Passport photograph of Rupert Croft-Cooke.

The following is a short piece, adapted from the article I wrote for the magazine Slightly Foxed, about my favourite writer, Rupert Croft-Cooke (1903 – 1979).

I came across the book quite by chance one bitterly cold February day in the early eighties, in a junk shop disguised as a bric-a-brac emporium in the Brontë village of Haworth. It was a tatty copy of The Drums of Morning by Rupert Croft-Cooke, without a dust-jacket and bearing the faded sticker of the Boots’ Lending Library – and it launched my fascination with a writer unjustly neglected during his life-time and now, sadly, almost forgotten.

Croft-Cooke was a staggeringly prolific wordsmith, producing over thirty novels, as many detective novels under the name of Leo Bruce, and more than thirty works of non-fiction on such diverse subjects as Oscar Wilde, Lord Alfred Douglas, Kipling, Buffalo Bill, Victorian writers, the circus, criminals, religion, gypsies, wine and cookery. His 1938 book, Darts, was surprisingly the first volume ever published on that subject. In addition, he wrote a couple of hundred short stories, some of which were collected in three volumes, as well as numerous plays and poetry, articles and essays.

Rupert, ???, Ram Gopal, and Joseph, in Croft-Cooke’s London flat, date unknown.
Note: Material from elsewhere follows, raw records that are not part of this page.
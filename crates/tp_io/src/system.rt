// The calls of the system that the real devices make. Each does one thing and is told by itself, so that the contracts of the devices can
// say which calls they made; over the system itself nothing is told.
ghost use Rattle.std.specs.Prelude.{◌≡◌, ℕ, List, [], Option, None, Some, OnOk, IfSome, length};
ghost use Rattle.std.specs.declared.io.ErrorKind.{ErrorKind};
ghost use Rattle.std.specs.IoError.{error_kind};
ghost use Rattle.std.specs.Io.{ReadsAtMost, WritesAtMost};
ghost use Rattle.std.specs.Io.KnownBytes.{ReadConsumes, WriteAppends};
ghost use Rattle.tp_io.specs.Devices.{and_one_more};
ghost use Rattle.tp_io.specs.Held.{Held, bytes_of};
ghost use Rattle.tp_io.specs.SystemCalls.{FileCall, WriteCall, IsFaultOf, open_call, read_call, write_call, fault_in};

use std::io::{Read, Write};
use std::{fs, io, rt};

/// Why a call of the system did nothing.
#[derive(Clone, Copy, Debug, PartialEq, Eq)]
pub enum CallFault {
    Interrupted,
    NoMemory,
    Failed,
}

/// The calls by which files are read.
pub trait SystemFiles {
    /// The calls so far, where they are told.
    ghost calls: { Self → Option (List FileCall) };

    /// What each name holds, where it is told.
    ghost held: { Self → Option Held };

    /// The bytes of the file that was opened last which are still to be read, where they are told.
    ghost remaining: { Self → Option (List ℕ) };

    /// Opens the file with this name, in place of the one before.
    fn open(&mut self, name: &str) -> Result<(), CallFault>
        ensures bytes { OnOk result (IfSome (held self.old) (λ files.
            remaining self.new ≡ Some (bytes_of files name.now))) }
        ensures held { held self.new ≡ held self.old }
        ensures calls { calls self.new
            ≡ and_one_more (calls self.old) (open_call name.now (fault_in result)) };

    /// Reads some bytes of the file that was opened last: none at its end, or where there is no room.
    fn read(&mut self, buf: &mut [u8]) -> Result<usize, CallFault>
        ensures bound { ReadsAtMost result buf.new }
        ensures bytes { ReadConsumes (remaining self.old) (remaining self.new) result buf.new }
        ensures held { held self.new ≡ held self.old }
        ensures calls { calls self.new
            ≡ and_one_more (calls self.old) (read_call (length buf.old) result) };
}

/// The calls by which a piece is written.
pub trait SystemWriter {
    /// The calls so far, where they are told.
    ghost calls: { Self → Option (List WriteCall) };

    /// What was written so far, where it is told.
    ghost contents: { Self → Option (List ℕ) };

    /// Writes some of the bytes, from their start.
    fn write(&mut self, bytes: &[u8]) -> Result<usize, CallFault>
        ensures bound { WritesAtMost result bytes.now }
        ensures written { WriteAppends (contents self.old) (contents self.new) result bytes.now }
        ensures calls { calls self.new
            ≡ and_one_more (calls self.old) (write_call bytes.now result) };
}

/// The files of a runtime, of which one is open at a time. What its calls do isn't told.
#[derive(Drop)]
pub struct RuntimeFiles<R: rt::Files> {
    runtime: R,
    file: Option<R::File>,
}

/// A writer of std. What its calls do isn't told, but for the bytes that it holds.
#[derive(Drop)]
pub struct RuntimeWriter<W: Write> {
    pub writer: W,
}

impl<R: rt::Files> RuntimeFiles<R> {
    /// No file is open yet.
    pub fn new(runtime: R) -> Self {
        RuntimeFiles {
            runtime,
            file: None,
        }
    }
}

impl<W: Write> RuntimeWriter<W> {
    pub fn new(writer: W) -> Self
        ensures { result.writer ≡ writer }
    {
        RuntimeWriter { writer }
    }
}

// The fault that an error of std is.
fn fault_of(error: &io::Error) -> CallFault
    ensures { IsFaultOf (error_kind error.now) result }
{
    match error.kind() {
        io::ErrorKind::Interrupted => CallFault::Interrupted,
        io::ErrorKind::OutOfMemory => CallFault::NoMemory,
        _ => CallFault::Failed,
    }
}

impl<R: rt::Files> SystemFiles for RuntimeFiles<R> {
    ghost use Rattle.std.specs.Prelude.{None, Some, []};
    ghost use Rattle.tp_io.specs.SystemCalls.{unread_in};

    ghost calls = { λ _. None };

    ghost held = { λ _. None };

    ghost remaining = { λ s. unread_in R.File.remaining s.file };

    fn open(&mut self, name: &str) -> Result<(), CallFault> {
        let file = fs::open(&self.runtime, name).map_err(|e| fault_of(&e))?;
        self.file = Some(file);
        Ok(())
    }

    fn read(&mut self, buf: &mut [u8]) -> Result<usize, CallFault> {
        match &mut self.file {
            Some(file) => file.read(buf).map_err(|e| fault_of(&e)),
            None => Ok(0),
        }
    }
}

impl<W: Write> SystemWriter for RuntimeWriter<W> {
    ghost use Rattle.std.specs.Prelude.{None};

    ghost calls = { λ _. None };

    ghost contents = { λ s. W.contents s.writer };

    fn write(&mut self, bytes: &[u8]) -> Result<usize, CallFault> {
        self.writer.write(bytes).map_err(|e| fault_of(&e))
    }
}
But his finest work was his twenty-seven volume autobiography, known collectively as The Sensual World. The first two books in the series, The Gardens of Camelot, and The Altar in the Loft, describe his birth in Edenbridge, Kent, in 1903, and his idyllic rural childhood – a brilliant evocation of the late Edwardian era swept away by the events of the Great War. The Drums of Morning, the third book in the series, charts his late adolescence from 1917 to 1921. He recounts his public school education first at Aldenham and then at Wellington College, his later experiences as a teacher in Liverpool, and details the events that would shape his anarchic and rebellious character in the years that followed.

As a would-be writer in my early twenties when I discovered Rupert Croft-Cooke, I found the mixture of evocative nostalgia for the long-gone post-Great War era, and his burning passion for literature and the desire to become a writer, quite apart from his altruistic world-view, utterly compelling. Over the course of the next few years I managed to track down the remaining volumes of The Sensual World, brought out by a total of nine different publishers between 1937 and 1977. I followed Croft-Cooke’s travels and travails as he taught in Argentina in the twenties and, on his return, supplemented his meagre writer’s income by running a bookshop and teaching, while living precariously in London, Kent, Sussex, Cornwall, the Cotswolds and Switzerland. In the thirties he spent months travelling with gypsies and with Rosaire’s circus, experiences which found their way into his memoirs, The Moon in My Pocket and The Circus Has No Home. In the winter of 1937 he motored around Europe in a converted Morris-Commercial bus, collecting material for The Man in Europe Street, a topical book which endeavoured to gauge the mood of a continent moving headlong towards conflict. During the Second World War he served with Field Security in Madagascar and India, and from the early fifties lived in Tangier for fifteen years. Throughout this time – with the exception of his Army service – he wrote, turning out thousands of words before lunch every day, day after day.

In Tangiers with friends, late 1950s. From Right to left: Unknown; Croft-Cooke; Joseph; Robin Maugham; unknown. Seated: unknown.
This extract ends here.